Records from a data collection:
//! The ids of retrieved objects by their keys.
ghost use Rattle.std.specs.Prelude.{◌≡◌, ◌≤◌, ◌+◌, ◌++◌, ◌∷◌, [], length, IfOk, IsOk, OnErr, OnOk};
ghost use Rattle.layer_model.specs.Ids.{kept_id};
ghost use Rattle.terminator.specs.Shown.{key_of};

use crate::chain::{id_of, put_link};
use crate::entry::KeptEntry;
use crate::key::RetrievedKey;
use command_tables::NoMemory;
use handle_map::HandleMap;
use std::alloc::Global;
use std::marker::Model;

/// The ids of retrieved objects, the oldest first, found through chains.
#[derive(Drop)]
pub struct KeptIds {
    entries: Vec<KeptEntry>,
    // The payloads of all keys.
    bytes: Vec<u8>,
    // For each owner one more than the place of its latest entry.
    latest: HandleMap<1024>,
}

impl Model for KeptIds {
    ghost use Rattle.std.specs.Prelude.{◌-◌, length, map, min, vec_capacity};
    ghost use Rattle.terminator.specs.Chains.{AreChained};
    ghost use Rattle.terminator.specs.Shown.{KeptState, kept_of};

    ghost Value = { KeptState };

    ghost view = { λ k. record { ids = map (kept_of k.bytes.items) k.entries.items; spare = min (vec_capacity k.entries - length k.entries.items) (min k.latest.spare k.latest.room); bytes = vec_capacity k.bytes - length k.bytes.items } };

    ghost invariant = { λ k. AreChained k.entries.items k.bytes.items k.latest.entries };
}

impl KeptIds {
    pub fn new(alloc: Global) -> KeptIds
        ensures { result.ids ≡ [] }
    {
        KeptIds {
            entries: Vec::new(alloc),
            bytes: Vec::new(alloc),
            latest: HandleMap::new(alloc),
        }
    }

    /// The id kept by a key.
    pub fn get(&self, key: RetrievedKey<'_>) -> Option<u64>
        ensures { result ≡ kept_id self.now.ids (key_of key.entry) }
    {
        id_of(&self.entries, &self.bytes, &self.latest, key)
    }

    /// Kept ids of their own, the same. Of room nothing is said.
    pub fn copy(&self) -> Result<KeptIds, NoMemory>
        ensures { IfOk result (λ kept. kept.ids ≡ self.now.ids) }
    {
        let alloc = *self.entries.allocator();
        Ok(KeptIds {
            entries: Vec::from_slice(alloc, &self.entries)?,
            bytes: Vec::from_slice(alloc, &self.bytes)?,
            latest: self.latest.copy()?,
        })
    }

    /// For how many further bytes of payloads there is room. Takes no memory.
    pub fn bytes_left(&self) -> usize
        ensures { result ≡ self.now.bytes }
    {
        self.bytes.capacity() - self.bytes.len()
    }

    /// Makes room for so many further ids of any owners with so many bytes of payloads: what finds one faster may still take memory. After
    /// `NoMemory` the ids are as before, and no room is lost.
    pub fn make_room(&mut self, n: usize, bytes: usize) -> Result<(), NoMemory>
        ensures ids { self.new.ids ≡ self.old.ids }
        ensures ok_spare { OnOk result (n ≤ self.new.spare) }
        ensures ok_bytes { OnOk result (bytes ≤ self.new.bytes) }
        ensures spare { self.old.spare ≤ self.new.spare }
        ensures bytes { self.old.bytes ≤ self.new.bytes }
        ensures succeeds { n ≤ self.old.spare → bytes ≤ self.old.bytes → IsOk result }
    {
        self.bytes.reserve(bytes)?;
        // The links take memory for none, too.
        if n == 0 {
            return Ok(());
        }
        self.entries.reserve(n)?;
        self.latest.make_room(n, 1)
    }

    /// The same for owners whose ids follow the greatest, after which so many take no memory at all.
    pub fn reserve(&mut self, n: usize, bytes: usize) -> Result<(), NoMemory>
        ensures ids { self.new.ids ≡ self.old.ids }
        ensures ok_spare { OnOk result (n ≤ self.new.spare) }
        ensures ok_bytes { OnOk result (bytes ≤ self.new.bytes) }
        ensures spare { self.old.spare ≤ self.new.spare }
        ensures bytes { self.old.bytes ≤ self.new.bytes }
        ensures succeeds { n ≤ self.old.spare → bytes ≤ self.old.bytes → IsOk result }
    {
        self.make_room(n, bytes)?;
        if n == 0 {
            return Ok(());
        }
        self.latest.reserve(n, 1)
    }

    /// Keeps an id by a key, behind the others. After `NoMemory`, which comes only where there was no room, what is kept is as before.
    pub fn add(&mut self, key: RetrievedKey<'_>, id: u64) -> Result<(), NoMemory>
        ensures ok { OnOk result (self.new.ids ≡ self.old.ids ++ record { key = key_of key.entry; id = id } ∷ []) }
        ensures err { OnErr result (self.new.ids ≡ self.old.ids) }
        ensures succeeds { 1 ≤ self.old.spare → length key.entry.payload.now ≤ self.old.bytes → IsOk result }
        ensures spare { self.old.spare ≤ self.new.spare + 1 }
        ensures bytes { self.old.bytes ≤ self.new.bytes + length key.entry.payload.now }
    {
        self.entries.reserve(1)?;
        self.bytes.reserve(key.payload.len())?;
        let next = put_link(&mut self.latest, key.owner, self.entries.len() + 1)?;
        let entry = KeptEntry {
            owner: key.owner,
            ty: key.ty,
            place: key.place,
            start: self.bytes.len(),
            len: key.payload.len(),
            id,
            next,
        };
        self.bytes.extend_from_slice(key.payload).unwrap();
        self.entries.push(entry).unwrap();
        Ok(())
    }
}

Instructions for the task: Report, with no additional words, how many lines in the records above contain the word "KeptState".

Response to the exercise: 2